Dataset entries
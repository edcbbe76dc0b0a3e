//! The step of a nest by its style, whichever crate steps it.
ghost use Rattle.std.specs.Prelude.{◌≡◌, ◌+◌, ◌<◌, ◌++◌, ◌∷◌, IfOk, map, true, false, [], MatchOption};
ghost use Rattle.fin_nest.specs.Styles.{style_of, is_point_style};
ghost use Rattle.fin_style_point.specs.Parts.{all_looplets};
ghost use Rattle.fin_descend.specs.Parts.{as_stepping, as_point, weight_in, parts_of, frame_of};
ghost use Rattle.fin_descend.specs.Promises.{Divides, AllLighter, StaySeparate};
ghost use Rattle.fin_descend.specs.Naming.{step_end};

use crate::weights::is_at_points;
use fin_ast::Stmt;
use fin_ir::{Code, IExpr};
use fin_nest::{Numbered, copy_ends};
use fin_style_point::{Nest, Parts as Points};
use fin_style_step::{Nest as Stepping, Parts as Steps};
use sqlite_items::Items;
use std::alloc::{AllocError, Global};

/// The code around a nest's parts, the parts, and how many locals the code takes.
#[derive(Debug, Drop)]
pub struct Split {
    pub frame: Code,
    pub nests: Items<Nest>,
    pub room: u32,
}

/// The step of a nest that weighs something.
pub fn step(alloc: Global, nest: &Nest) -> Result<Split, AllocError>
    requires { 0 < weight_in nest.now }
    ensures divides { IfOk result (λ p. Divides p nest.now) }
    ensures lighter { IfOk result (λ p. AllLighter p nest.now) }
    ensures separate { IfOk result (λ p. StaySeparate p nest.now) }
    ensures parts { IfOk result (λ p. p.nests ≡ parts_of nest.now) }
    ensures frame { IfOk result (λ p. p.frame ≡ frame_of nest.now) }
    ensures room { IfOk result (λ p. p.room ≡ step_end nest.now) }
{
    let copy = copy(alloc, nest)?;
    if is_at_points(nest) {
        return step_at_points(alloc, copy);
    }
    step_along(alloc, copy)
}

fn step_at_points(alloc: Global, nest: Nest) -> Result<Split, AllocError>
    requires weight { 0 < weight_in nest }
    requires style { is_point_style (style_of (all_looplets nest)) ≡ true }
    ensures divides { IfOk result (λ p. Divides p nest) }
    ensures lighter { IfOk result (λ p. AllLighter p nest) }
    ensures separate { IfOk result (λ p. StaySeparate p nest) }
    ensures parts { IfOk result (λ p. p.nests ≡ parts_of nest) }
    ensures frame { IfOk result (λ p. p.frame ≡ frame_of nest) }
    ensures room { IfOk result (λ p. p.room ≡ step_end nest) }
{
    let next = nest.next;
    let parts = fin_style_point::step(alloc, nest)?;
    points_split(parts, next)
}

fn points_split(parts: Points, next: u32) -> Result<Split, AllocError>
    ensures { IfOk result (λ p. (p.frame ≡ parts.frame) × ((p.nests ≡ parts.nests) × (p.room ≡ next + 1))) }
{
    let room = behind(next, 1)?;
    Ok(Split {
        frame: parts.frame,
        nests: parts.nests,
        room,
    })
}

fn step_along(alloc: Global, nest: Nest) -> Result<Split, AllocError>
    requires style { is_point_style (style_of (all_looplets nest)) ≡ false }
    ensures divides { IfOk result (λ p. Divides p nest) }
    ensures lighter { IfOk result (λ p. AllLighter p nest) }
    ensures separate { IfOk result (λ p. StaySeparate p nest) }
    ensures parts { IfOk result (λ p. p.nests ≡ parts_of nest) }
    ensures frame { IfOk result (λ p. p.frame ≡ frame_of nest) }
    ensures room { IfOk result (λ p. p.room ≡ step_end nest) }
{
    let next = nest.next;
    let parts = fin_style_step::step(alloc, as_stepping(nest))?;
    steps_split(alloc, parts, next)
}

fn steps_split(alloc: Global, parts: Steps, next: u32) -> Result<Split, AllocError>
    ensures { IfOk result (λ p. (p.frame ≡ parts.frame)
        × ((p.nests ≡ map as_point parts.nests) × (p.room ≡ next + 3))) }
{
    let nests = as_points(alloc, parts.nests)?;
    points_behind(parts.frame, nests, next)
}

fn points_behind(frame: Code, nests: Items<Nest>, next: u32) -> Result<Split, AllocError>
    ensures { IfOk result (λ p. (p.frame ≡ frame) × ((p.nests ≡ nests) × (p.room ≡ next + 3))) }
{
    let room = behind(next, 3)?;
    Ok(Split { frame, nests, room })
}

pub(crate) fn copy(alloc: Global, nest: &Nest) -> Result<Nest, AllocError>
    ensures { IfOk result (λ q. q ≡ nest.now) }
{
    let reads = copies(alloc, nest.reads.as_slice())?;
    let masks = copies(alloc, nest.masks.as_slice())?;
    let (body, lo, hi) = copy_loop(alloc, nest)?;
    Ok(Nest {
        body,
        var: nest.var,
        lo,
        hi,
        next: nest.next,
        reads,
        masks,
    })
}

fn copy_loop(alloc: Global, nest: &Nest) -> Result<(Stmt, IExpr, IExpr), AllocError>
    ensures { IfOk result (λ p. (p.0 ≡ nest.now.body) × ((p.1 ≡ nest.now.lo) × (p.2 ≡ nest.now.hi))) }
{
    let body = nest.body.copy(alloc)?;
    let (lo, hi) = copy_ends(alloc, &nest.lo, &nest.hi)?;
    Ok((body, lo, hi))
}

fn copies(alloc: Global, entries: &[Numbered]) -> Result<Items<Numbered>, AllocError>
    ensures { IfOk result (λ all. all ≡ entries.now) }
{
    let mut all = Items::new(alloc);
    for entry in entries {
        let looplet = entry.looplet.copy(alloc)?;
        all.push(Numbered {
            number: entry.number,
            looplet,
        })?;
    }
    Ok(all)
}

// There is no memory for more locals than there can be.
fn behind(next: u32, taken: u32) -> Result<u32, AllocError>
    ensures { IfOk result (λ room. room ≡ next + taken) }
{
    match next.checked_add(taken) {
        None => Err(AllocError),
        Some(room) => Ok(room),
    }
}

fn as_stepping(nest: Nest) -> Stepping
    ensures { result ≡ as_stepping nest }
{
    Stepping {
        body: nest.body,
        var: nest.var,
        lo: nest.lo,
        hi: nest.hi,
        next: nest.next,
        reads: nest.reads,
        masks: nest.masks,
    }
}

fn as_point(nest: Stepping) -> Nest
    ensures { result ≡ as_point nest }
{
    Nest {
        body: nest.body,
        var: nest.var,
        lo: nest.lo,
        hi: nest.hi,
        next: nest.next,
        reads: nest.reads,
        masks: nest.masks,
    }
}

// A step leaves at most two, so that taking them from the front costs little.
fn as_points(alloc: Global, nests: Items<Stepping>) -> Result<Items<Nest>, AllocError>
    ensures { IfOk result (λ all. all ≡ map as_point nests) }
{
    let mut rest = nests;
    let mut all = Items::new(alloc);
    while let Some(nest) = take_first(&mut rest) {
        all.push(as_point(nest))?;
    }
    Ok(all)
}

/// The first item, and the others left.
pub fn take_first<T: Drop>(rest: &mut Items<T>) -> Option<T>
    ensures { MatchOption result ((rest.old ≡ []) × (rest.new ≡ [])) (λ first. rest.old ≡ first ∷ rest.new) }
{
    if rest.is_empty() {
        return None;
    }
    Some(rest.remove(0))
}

WHAT IS REQUIRED » You are asked to transcribe all of the data above exactly.

TASK OUTPUT »
repository edcbbe76dc0b0a3e
//! The step of a nest by its style, whichever crate steps it.
ghost use Rattle.std.specs.Prelude.{◌≡◌, ◌+◌, ◌<◌, ◌++◌, ◌∷◌, IfOk, map, true, false, [], MatchOption};
ghost use Rattle.fin_nest.specs.Styles.{style_of, is_point_style};
ghost use Rattle.fin_style_point.specs.Parts.{all_looplets};
ghost use Rattle.fin_descend.specs.Parts.{as_stepping, as_point, weight_in, parts_of, frame_of};
ghost use Rattle.fin_descend.specs.Promises.{Divides, AllLighter, StaySeparate};
ghost use Rattle.fin_descend.specs.Naming.{step_end};

use crate::weights::is_at_points;
use fin_ast::Stmt;
use fin_ir::{Code, IExpr};
use fin_nest::{Numbered, copy_ends};
use fin_style_point::{Nest, Parts as Points};
use fin_style_step::{Nest as Stepping, Parts as Steps};
use sqlite_items::Items;
use std::alloc::{AllocError, Global};

/// The code around a nest's parts, the parts, and how many locals the code takes.
#[derive(Debug, Drop)]
pub struct Split {
    pub frame: Code,
    pub nests: Items<Nest>,
    pub room: u32,
}

/// The step of a nest that weighs something.
pub fn step(alloc: Global, nest: &Nest) -> Result<Split, AllocError>
    requires { 0 < weight_in nest.now }
    ensures divides { IfOk result (λ p. Divides p nest.now) }
    ensures lighter { IfOk result (λ p. AllLighter p nest.now) }
    ensures separate { IfOk result (λ p. StaySeparate p nest.now) }
    ensures parts { IfOk result (λ p. p.nests ≡ parts_of nest.now) }
    ensures frame { IfOk result (λ p. p.frame ≡ frame_of nest.now) }
    ensures room { IfOk result (λ p. p.room ≡ step_end nest.now) }
{
    let copy = copy(alloc, nest)?;
    if is_at_points(nest) {
        return step_at_points(alloc, copy);
    }
    step_along(alloc, copy)
}

fn step_at_points(alloc: Global, nest: Nest) -> Result<Split, AllocError>
    requires weight { 0 < weight_in nest }
    requires style { is_point_style (style_of (all_looplets nest)) ≡ true }
    ensures divides { IfOk result (λ p. Divides p nest) }
    ensures lighter { IfOk result (λ p. AllLighter p nest) }
    ensures separate { IfOk result (λ p. StaySeparate p nest) }
    ensures parts { IfOk result (λ p. p.nests ≡ parts_of nest) }
    ensures frame { IfOk result (λ p. p.frame ≡ frame_of nest) }
    ensures room { IfOk result (λ p. p.room ≡ step_end nest) }
{
    let next = nest.next;
    let parts = fin_style_point::step(alloc, nest)?;
    points_split(parts, next)
}

fn points_split(parts: Points, next: u32) -> Result<Split, AllocError>
    ensures { IfOk result (λ p. (p.frame ≡ parts.frame) × ((p.nests ≡ parts.nests) × (p.room ≡ next + 1))) }
{
    let room = behind(next, 1)?;
    Ok(Split {
        frame: parts.frame,
        nests: parts.nests,
        room,
    })
}

fn step_along(alloc: Global, nest: Nest) -> Result<Split, AllocError>
    requires style { is_point_style (style_of (all_looplets nest)) ≡ false }
    ensures divides { IfOk result (λ p. Divides p nest) }
    ensures lighter { IfOk result (λ p. AllLighter p nest) }
    ensures separate { IfOk result (λ p. StaySeparate p nest) }
    ensures parts { IfOk result (λ p. p.nests ≡ parts_of nest) }
    ensures frame { IfOk result (λ p. p.frame ≡ frame_of nest) }
    ensures room { IfOk result (λ p. p.room ≡ step_end nest) }
{
    let next = nest.next;
    let parts = fin_style_step::step(alloc, as_stepping(nest))?;
    steps_split(alloc, parts, next)
}

fn steps_split(alloc: Global, parts: Steps, next: u32) -> Result<Split, AllocError>
    ensures { IfOk result (λ p. (p.frame ≡ parts.frame)
        × ((p.nests ≡ map as_point parts.nests) × (p.room ≡ next + 3))) }
{
    let nests = as_points(alloc, parts.nests)?;
    points_behind(parts.frame, nests, next)
}

fn points_behind(frame: Code, nests: Items<Nest>, next: u32) -> Result<Split, AllocError>
    ensures { IfOk result (λ p. (p.frame ≡ frame) × ((p.nests ≡ nests) × (p.room ≡ next + 3))) }
{
    let room = behind(next, 3)?;
    Ok(Split { frame, nests, room })
}

pub(crate) fn copy(alloc: Global, nest: &Nest) -> Result<Nest, AllocError>
    ensures { IfOk result (λ q. q ≡ nest.now) }
{
    let reads = copies(alloc, nest.reads.as_slice())?;
    let masks = copies(alloc, nest.masks.as_slice())?;
    let (body, lo, hi) = copy_loop(alloc, nest)?;
    Ok(Nest {
        body,
        var: nest.var,
        lo,
        hi,
        next: nest.next,
        reads,
        masks,
    })
}

fn copy_loop(alloc: Global, nest: &Nest) -> Result<(Stmt, IExpr, IExpr), AllocError>
    ensures { IfOk result (λ p. (p.0 ≡ nest.now.body) × ((p.1 ≡ nest.now.lo) × (p.2 ≡ nest.now.hi))) }
{
    let body = nest.body.copy(alloc)?;
    let (lo, hi) = copy_ends(alloc, &nest.lo, &nest.hi)?;
    Ok((body, lo, hi))
}

fn copies(alloc: Global, entries: &[Numbered]) -> Result<Items<Numbered>, AllocError>
    ensures { IfOk result (λ all. all ≡ entries.now) }
{
    let mut all = Items::new(alloc);
    for entry in entries {
        let looplet = entry.looplet.copy(alloc)?;
        all.push(Numbered {
            number: entry.number,
            looplet,
        })?;
    }
    Ok(all)
}

// There is no memory for more locals than there can be.
fn behind(next: u32, taken: u32) -> Result<u32, AllocError>
    ensures { IfOk result (λ room. room ≡ next + taken) }
{
    match next.checked_add(taken) {
        None => Err(AllocError),
        Some(room) => Ok(room),
    }
}

fn as_stepping(nest: Nest) -> Stepping
    ensures { result ≡ as_stepping nest }
{
    Stepping {
        body: nest.body,
        var: nest.var,
        lo: nest.lo,
        hi: nest.hi,
        next: nest.next,
        reads: nest.reads,
        masks: nest.masks,
    }
}

fn as_point(nest: Stepping) -> Nest
    ensures { result ≡ as_point nest }
{
    Nest {
        body: nest.body,
        var: nest.var,
        lo: nest.lo,
        hi: nest.hi,
        next: nest.next,
        reads: nest.reads,
        masks: nest.masks,
    }
}

// A step leaves at most two, so that taking them from the front costs little.
fn as_points(alloc: Global, nests: Items<Stepping>) -> Result<Items<Nest>, AllocError>
    ensures { IfOk result (λ all. all ≡ map as_point nests) }
{
    let mut rest = nests;
    let mut all = Items::new(alloc);
    while let Some(nest) = take_first(&mut rest) {
        all.push(as_point(nest))?;
    }
    Ok(all)
}

/// The first item, and the others left.
pub fn take_first<T: Drop>(rest: &mut Items<T>) -> Option<T>
    ensures { MatchOption result ((rest.old ≡ []) × (rest.new ≡ [])) (λ first. rest.old ≡ first ∷ rest.new) }
{
    if rest.is_empty() {
        return None;
    }
    Some(rest.remove(0))
}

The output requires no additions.